• _Required work_
Within this material, find every line where the string "disjunction" appears, and copy it out.

• _Provided records_
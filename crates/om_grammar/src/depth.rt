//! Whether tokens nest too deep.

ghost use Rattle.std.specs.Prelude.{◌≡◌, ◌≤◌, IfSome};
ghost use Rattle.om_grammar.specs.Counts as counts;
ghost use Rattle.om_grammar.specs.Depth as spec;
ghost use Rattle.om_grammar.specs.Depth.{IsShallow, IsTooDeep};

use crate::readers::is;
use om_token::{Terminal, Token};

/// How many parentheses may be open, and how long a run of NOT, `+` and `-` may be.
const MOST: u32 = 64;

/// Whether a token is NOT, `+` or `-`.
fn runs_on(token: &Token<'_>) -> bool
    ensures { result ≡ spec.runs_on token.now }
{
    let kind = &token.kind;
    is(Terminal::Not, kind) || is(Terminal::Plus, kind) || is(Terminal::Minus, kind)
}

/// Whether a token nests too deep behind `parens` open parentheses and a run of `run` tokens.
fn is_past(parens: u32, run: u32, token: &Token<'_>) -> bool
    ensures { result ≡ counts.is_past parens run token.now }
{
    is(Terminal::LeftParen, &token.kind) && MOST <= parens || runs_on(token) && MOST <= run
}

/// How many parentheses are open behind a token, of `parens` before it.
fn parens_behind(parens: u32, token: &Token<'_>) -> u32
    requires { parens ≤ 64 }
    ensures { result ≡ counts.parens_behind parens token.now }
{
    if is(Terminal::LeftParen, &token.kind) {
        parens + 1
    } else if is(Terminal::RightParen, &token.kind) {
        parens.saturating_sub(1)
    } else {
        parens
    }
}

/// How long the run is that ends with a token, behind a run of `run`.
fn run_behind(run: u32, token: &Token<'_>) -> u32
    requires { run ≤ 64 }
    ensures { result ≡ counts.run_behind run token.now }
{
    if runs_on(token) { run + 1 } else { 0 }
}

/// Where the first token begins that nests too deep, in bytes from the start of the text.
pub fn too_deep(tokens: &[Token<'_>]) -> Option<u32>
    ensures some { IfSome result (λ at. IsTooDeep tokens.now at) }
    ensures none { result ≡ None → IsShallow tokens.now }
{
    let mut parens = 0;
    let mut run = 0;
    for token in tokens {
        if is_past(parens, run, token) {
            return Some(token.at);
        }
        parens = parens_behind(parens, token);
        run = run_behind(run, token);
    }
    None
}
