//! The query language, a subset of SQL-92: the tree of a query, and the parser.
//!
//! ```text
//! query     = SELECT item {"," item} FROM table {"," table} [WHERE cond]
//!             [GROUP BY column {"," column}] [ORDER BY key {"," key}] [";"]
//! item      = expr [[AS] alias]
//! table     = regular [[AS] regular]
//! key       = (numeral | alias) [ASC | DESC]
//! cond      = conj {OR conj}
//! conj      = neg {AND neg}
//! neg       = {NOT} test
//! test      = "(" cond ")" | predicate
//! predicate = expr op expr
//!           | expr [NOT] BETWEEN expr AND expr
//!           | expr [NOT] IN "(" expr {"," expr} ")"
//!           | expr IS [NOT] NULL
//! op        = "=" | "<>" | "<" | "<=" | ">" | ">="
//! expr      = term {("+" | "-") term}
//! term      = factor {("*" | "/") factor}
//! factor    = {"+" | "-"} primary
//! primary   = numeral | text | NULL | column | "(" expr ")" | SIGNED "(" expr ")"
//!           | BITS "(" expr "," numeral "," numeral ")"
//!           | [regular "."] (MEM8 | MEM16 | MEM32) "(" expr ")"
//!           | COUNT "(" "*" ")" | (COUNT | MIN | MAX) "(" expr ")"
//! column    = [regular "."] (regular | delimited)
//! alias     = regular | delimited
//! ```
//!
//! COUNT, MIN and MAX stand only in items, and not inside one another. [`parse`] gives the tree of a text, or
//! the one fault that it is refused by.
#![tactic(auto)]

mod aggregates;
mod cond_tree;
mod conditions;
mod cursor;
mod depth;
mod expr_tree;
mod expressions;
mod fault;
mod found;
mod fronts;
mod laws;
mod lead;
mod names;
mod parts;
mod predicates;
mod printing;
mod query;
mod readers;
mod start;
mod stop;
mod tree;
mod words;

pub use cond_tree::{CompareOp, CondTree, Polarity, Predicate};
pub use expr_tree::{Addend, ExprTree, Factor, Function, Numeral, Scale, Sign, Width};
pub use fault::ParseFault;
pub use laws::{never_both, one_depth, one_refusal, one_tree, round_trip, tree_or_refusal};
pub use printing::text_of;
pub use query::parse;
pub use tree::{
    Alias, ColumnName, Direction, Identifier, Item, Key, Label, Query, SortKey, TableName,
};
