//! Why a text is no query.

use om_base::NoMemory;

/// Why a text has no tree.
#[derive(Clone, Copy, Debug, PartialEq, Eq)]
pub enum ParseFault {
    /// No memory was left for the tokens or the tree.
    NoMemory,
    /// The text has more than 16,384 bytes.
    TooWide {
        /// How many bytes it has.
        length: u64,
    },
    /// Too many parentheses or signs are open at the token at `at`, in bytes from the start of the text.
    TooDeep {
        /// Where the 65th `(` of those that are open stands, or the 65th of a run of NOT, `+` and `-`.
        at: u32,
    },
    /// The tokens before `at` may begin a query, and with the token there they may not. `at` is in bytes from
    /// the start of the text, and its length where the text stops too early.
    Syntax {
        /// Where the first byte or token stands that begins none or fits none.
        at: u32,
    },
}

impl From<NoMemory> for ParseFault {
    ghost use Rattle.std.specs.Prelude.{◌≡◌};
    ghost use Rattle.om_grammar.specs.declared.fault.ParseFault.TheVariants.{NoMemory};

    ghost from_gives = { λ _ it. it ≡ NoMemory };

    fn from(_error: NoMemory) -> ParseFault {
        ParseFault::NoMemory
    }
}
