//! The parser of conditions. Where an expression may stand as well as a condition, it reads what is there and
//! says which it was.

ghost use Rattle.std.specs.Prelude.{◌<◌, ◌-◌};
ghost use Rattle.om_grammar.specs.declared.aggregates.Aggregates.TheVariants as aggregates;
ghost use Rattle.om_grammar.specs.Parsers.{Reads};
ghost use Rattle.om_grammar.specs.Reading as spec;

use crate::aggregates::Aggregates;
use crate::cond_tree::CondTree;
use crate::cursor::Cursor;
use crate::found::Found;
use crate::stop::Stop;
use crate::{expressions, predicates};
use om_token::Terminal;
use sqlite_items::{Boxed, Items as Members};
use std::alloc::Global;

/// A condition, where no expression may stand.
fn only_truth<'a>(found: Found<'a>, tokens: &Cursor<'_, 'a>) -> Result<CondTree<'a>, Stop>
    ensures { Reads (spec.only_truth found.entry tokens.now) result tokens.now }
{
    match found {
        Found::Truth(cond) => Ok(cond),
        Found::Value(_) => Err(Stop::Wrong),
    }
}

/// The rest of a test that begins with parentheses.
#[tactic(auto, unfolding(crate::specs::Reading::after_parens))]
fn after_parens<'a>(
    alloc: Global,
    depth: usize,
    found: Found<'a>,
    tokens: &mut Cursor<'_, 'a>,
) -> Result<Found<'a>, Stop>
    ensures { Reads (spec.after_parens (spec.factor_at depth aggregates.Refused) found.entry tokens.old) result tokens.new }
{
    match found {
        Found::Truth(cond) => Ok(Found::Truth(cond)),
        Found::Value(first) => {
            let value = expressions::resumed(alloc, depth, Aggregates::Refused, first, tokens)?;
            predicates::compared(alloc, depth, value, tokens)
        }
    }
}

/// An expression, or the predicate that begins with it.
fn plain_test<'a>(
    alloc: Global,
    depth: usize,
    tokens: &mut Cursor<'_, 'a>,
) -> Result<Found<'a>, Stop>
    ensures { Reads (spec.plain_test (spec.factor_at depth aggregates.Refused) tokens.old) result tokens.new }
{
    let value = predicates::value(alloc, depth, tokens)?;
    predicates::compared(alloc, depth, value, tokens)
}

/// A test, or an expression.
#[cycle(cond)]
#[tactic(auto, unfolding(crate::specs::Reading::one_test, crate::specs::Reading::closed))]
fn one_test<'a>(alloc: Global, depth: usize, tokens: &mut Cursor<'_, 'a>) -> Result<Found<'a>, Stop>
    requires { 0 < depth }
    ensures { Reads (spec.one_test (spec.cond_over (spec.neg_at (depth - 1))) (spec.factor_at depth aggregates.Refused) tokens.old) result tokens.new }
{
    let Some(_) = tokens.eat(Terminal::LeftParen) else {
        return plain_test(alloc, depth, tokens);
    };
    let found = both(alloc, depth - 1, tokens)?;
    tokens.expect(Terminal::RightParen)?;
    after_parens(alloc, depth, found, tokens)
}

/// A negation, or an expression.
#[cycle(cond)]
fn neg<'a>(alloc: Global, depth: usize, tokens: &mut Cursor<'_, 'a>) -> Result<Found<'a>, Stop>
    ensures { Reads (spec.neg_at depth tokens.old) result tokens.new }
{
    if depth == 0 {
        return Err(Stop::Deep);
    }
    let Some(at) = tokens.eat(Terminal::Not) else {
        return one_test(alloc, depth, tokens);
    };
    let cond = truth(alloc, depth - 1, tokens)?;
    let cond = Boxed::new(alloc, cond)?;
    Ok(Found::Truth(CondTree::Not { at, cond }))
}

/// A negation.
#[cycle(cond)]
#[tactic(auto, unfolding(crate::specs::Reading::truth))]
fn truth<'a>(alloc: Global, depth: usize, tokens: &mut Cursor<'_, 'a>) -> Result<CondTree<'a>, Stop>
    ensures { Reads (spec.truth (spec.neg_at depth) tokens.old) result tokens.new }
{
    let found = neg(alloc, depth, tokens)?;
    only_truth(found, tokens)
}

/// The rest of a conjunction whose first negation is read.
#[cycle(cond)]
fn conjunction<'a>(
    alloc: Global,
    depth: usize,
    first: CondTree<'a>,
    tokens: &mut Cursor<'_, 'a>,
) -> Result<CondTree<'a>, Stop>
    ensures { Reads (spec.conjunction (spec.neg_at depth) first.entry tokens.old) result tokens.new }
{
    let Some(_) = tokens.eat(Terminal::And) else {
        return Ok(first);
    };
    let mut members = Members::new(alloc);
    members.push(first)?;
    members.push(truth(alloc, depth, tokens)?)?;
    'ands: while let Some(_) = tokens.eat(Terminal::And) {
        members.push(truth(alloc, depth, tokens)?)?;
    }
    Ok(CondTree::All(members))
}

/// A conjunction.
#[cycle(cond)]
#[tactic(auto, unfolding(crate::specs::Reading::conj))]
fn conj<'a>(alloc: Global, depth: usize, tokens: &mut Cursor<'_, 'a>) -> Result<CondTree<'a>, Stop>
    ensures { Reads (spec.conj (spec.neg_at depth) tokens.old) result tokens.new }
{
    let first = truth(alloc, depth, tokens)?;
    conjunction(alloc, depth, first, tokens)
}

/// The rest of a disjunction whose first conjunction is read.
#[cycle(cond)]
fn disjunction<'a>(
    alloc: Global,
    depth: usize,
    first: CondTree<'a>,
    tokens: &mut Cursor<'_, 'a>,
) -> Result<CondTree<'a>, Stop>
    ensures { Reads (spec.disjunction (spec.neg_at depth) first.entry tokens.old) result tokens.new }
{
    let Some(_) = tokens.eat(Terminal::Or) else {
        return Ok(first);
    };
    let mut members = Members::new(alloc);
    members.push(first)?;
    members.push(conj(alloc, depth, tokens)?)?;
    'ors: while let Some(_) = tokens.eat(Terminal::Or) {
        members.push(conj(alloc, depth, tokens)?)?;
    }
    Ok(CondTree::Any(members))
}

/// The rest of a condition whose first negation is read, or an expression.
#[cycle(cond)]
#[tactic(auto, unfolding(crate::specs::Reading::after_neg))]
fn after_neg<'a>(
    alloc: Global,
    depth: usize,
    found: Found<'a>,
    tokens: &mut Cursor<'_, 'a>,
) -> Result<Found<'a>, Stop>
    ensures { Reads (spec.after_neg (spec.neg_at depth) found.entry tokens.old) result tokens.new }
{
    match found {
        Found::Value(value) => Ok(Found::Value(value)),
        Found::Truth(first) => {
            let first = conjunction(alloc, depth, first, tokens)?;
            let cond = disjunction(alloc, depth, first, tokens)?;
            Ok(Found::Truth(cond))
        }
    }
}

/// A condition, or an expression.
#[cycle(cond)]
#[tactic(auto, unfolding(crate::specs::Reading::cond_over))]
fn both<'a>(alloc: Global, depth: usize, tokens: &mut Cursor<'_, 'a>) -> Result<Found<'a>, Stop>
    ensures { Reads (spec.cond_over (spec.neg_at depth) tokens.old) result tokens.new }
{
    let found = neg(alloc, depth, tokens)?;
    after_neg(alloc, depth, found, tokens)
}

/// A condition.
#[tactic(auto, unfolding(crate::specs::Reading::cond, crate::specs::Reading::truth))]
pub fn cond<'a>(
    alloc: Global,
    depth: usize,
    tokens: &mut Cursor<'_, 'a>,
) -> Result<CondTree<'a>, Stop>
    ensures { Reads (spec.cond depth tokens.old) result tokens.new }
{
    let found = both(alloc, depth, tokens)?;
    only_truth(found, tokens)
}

• _Response below_
/// The rest of a disjunction whose first conjunction is read.
fn disjunction<'a>(
    ensures { Reads (spec.disjunction (spec.neg_at depth) first.entry tokens.old) result tokens.new }
            let cond = disjunction(alloc, depth, first, tokens)?;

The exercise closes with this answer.